Two individuals are planning to start a business and need advice on selecting the appropriate form of entity. Their long-term business plan contemplates receiving future in-kind property distributions. Which of the following is a pair of business entities each of which can make a distribution of appreciated property to its owners that would *not* be taxable to the business entity or to its owners? A. C corporation and a limited liability company. B. Limited liability company and an S corporation. C. S corporation and a general partnership. D. General partnership and a limited liability partnership.

*D. General partnership and a limited liability partnership.* Explanation Choice "D" is correct. In general, a *nonliquidating distribution in a partnership*—whether a general partnership or a limited liability partnership—is *nontaxable*, both as to the partnership and as to the partner. Choice "A" is incorrect. A C corporation is an entity apart from its owners. When it makes a distribution to an owner (shareholder), that is a taxable event. A limited liability company with more than one owner (member) typically is taxed like a partnership and so could make a nontaxable distribution to its owners. Choice "B" is incorrect. A limited liability company might be a sufficient entity for the individuals, but an S corporation would not be sufficient in all situations. Although typically profits and losses flow through an S corporation to its shareholders and so distributions are not taxable, they are taxable if the S corporation has earnings and profits that were carried over from a former C corporation or if appreciated property is distributed. Choice "C" is incorrect. Whereas a general partnership will provide the desired results, an S corporation will not be a good choice because distributions from an S corporation may be taxable in certain circumstances.

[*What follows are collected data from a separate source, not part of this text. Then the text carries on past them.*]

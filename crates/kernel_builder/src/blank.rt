//! Records of what a kernel does not have.
ghost use Rattle.std.specs.Prelude.{◌≡◌, ◌<◌};
ghost use Rattle.record_layouts.specs.Cache.{FitsCache};
ghost use Rattle.record_layouts.specs.Desc.{FitsDesc};
ghost use Rattle.record_layouts.specs.File.{FitsFile};
ghost use Rattle.record_layouts.specs.Proc.{FitsProc};
ghost use Rattle.record_layouts.specs.Row.{FitsRow};
ghost use Rattle.record_layouts.specs.Sig.{FitsSig};
ghost use Rattle.kernel_builder.specs.Blank.{blank_bank, blank_row_record, empty_entry, free_process, no_signals, unused_description, unused_file};

use ow_base::{Bank, Regs};
use record_layouts::{CacheRec, DescRec, FileRec, ProcRec, RowRec, SigRec};

// What a blank row has in each place.
const BLANK: u8 = 32;

/// All registers and the pc are 0.
pub fn blank_bank() -> Bank
    ensures { result ≡ blank_bank }
{
    Bank {
        pc: 0,
        regs: Regs::new(),
    }
}

/// The process of a slot that is free.
pub fn free_process() -> ProcRec
    ensures is { result ≡ free_process }
    ensures fits { FitsProc result }
{
    ProcRec {
        state: 0,
        pid: 0,
        parent: 0,
        call: 0,
        done: 0,
        code_pages: 0,
        data_pages: 0,
        brk: 0,
        procedure: 0,
        mask: 0,
        flags: 0,
        status: 0,
        descs: [0; 8],
        regs: Regs::new(),
        pc: 0,
        handler_save: blank_bank(),
        crash_save: blank_bank(),
    }
}

/// The signals of a process, or of none where the pid is 0: none is pending, and there is no handler.
pub fn no_signals(pid: u32) -> SigRec
    ensures is { result ≡ no_signals pid }
    ensures fits { FitsSig result }
{
    SigRec {
        pid,
        pending: 0,
        handlers: [0; 15],
    }
}

/// A description that is not open.
pub fn unused_description() -> DescRec
    ensures is { result ≡ unused_description }
    ensures fits { FitsDesc result }
{
    DescRec {
        object: 0,
        index: 0,
        mode: 0,
        offset: 0,
    }
}

/// No file.
pub fn unused_file() -> FileRec
    ensures is { result ≡ unused_file }
    ensures fits { FitsFile result }
{
    FileRec {
        state: 0,
        name_len: 0,
        name: [0; 24],
        size: 0,
        kept: 0,
        sectors: [0; 64],
    }
}

/// An entry of the page cache that holds no page.
pub fn empty_entry() -> CacheRec
    ensures is { result ≡ empty_entry }
    ensures fits { FitsCache result }
{
    CacheRec {
        state: 0,
        file: 0,
        page: 0,
    }
}

/// A blank row of a terminal. Rows are numbered as `RecordId` says.
pub fn blank_row(place: u32) -> RowRec
    requires { place < 48 }
    ensures is { result ≡ blank_row_record place }
    ensures fits { FitsRow result }
{
    RowRec {
        place,
        text: [BLANK; 80],
    }
}
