//! The builder of a kernel: it fills the frames of a new one, of whose words nothing is assumed, as a blueprint says.
#![tactic(auto)]

mod blank;
mod blueprint;
mod building;
mod setting;

pub use blank::{
    blank_bank, blank_row, empty_entry, free_process, no_signals, unused_description, unused_file,
};
pub use blueprint::{Blueprint, Holder, Placed};
pub use building::build_kernel;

The individual partner rather than the partnership makes which of the following elections? A. Election to amortize organizational costs. B. Nonrecognition treatment for involuntary conversion gains. C. Code Section 179 deductions for tangible personal property. D. Whether to take a deduction or credit for taxes paid to foreign countries.

*D. Whether to take a deduction or credit for taxes paid to foreign countries.* Explanation Choice "D" is correct. Most elections that affect the calculation of taxable income of a partnership are made by the partnership itself rather than by an individual partner. For example, the elections as to methods of accounting, methods of depreciation and the Section 179 expensing of a limited amount of depreciable property, the election not to use installment method accounting, and similar elections are made by the partnership and apply to all partners. However, individual partners can make the election to take a deduction or a credit for taxes paid to foreign countries. Choice "A" is incorrect. The election to amortize organizational costs is made at the partnership level, not at the partner level. Choice "B" is incorrect. The election not to recognize involuntary conversion gains is made at the partnership level, not at the partner level. Choice "C" is incorrect. The election to expense Section 179 property is made at the partnership level, not at the partner level.